The official stance from our Field Director as well as the Asia Area Director that our sending churches had no say in decisions made on the field, but that we were “under the direct supervision” of that field’s Field Director (one man). It was also stated that the decision of the Field Director trumps the sending church’s voice. It was also stated that the role of the sending church was to “identify,” “commission,” and “support” the sent missionary but that the missionary came under the direct control of the agency once they landed on the field (translation: “Send us your people and money, but butt out because we are now in charge!”). 
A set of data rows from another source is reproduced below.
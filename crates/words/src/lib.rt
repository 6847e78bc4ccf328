//! Requests, values and replies in words: what a script says, what a run prints, and what the
//! sheets of rows hold (the services of ANSI/ASHRAE 135, clause 15, written for a person to read).
//!
//! - a request: `read 5:1 85`, `write 45:1 85 signed 20 at 8`, `many 5:1 85,87/17 8:99 76`,
//!   `batch 45:1 85 signed 20 at 8; 45:1 28 text -; 5:1 85 null`; or with the standard's names, as
//!   `write binary-value,1 present-value active`;
//! - a value: `null`, `bool true`, `unsigned 7`, `signed -7`, `enum 1`, `active`, `object 5:1`,
//!   `text 6F6E`, `text/4 0041`, `bits 4 F0`, `other 10 7C0C1601`, `built 0901`;
//! - a reply: `done`, `error 2 40`, `error 2 40 at 5:1 77`, `values enum 1, null`,
//!   `many [5:1 85 = enum 1; 87/17 ! 2 42]`.
//!
//! Words are parted by single spaces. Numbers are decimal digits, and leading zeros are read;
//! octets are pairs of hexadecimal digits without spaces, `-` where there are none. A text in quotes
//! stands for `text` and its octets.
//!
//! To the layers above it promises: what is read is what the words say, and words that are refused,
//! but for want of memory, say nothing; a request that `parse_request` reads has a spelling in octets
//! and one value for each write. That what is printed is read again is tested and not proved.
//!
//! - `octets`: numbers and octets.
//! - `hex_text`: octets with spaces between their pairs of digits, or without.
//! - `parts`: words cut at a mark.
//! - `quoted`: texts in quotes.
//! - `reference`: objects, and properties or elements of them.
//! - `value`, `request`, `reply`: what their names say.
//! - `unread`: why words are not read.
#![tactic(auto)]

mod hex_text;
mod octets;
mod parts;
mod quoted;
mod reference;
mod reply;
mod request;
mod unread;
mod value;

pub use hex_text::parse_hex;
pub use names::{abort_reasons, reject_reasons};
pub use octets::{parse_number, parse_octets, parse_u16, parse_u32, parse_u64};
pub use printing::{Hex, Named, ReplyTo, Spelled, Spelling, Words};
pub use quoted::{parse_quoted_request, unquoted};
pub use reference::{parse_object, parse_reference};
pub use reply::parse_any_reply;
pub use request::{parse_any_request, parse_request};
pub use unread::Unread;
pub use value::{parse_value, parse_values};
In the literature and during the recruitment stage, however, this same org played up the vital role that they believed local churches had to play. But, once I was on the inside, I found out that this was mostly rhetoric. I wouldn't be surprised if this is not representative of the majority of evangelical parachurches.


----------



## Edward (Mar 18, 2014)

Instead of complaining about the resources going to parachurch organizations, one should rather ask what shortcomings of the church created the need/opportunity for parachurch organizations. I would suggest that this, perhaps, has the cause and effect backwards. Instead of parachurch organizations causing the weakness, they are a result of the weakness, at least in this country. 



armourbearer said:


> I think some of the weakness of the local church today can at least in part be attributed to the rise of other agencies


----------



## Philip (Mar 18, 2014)

Can we define what precisely a parachurch organization is? A seminary or other Christian educational institution seems to me to be a parachurch organization in some sense. A mission agency is also a sort of parachurch organization. What about Christian publishers? Or a Christian advocacy group (like Prison Fellowship)?


----------



## Shawn Mathis (Mar 18, 2014)

It depends. 1. On the definition. 2. On the particular type of parachurch and how it functions.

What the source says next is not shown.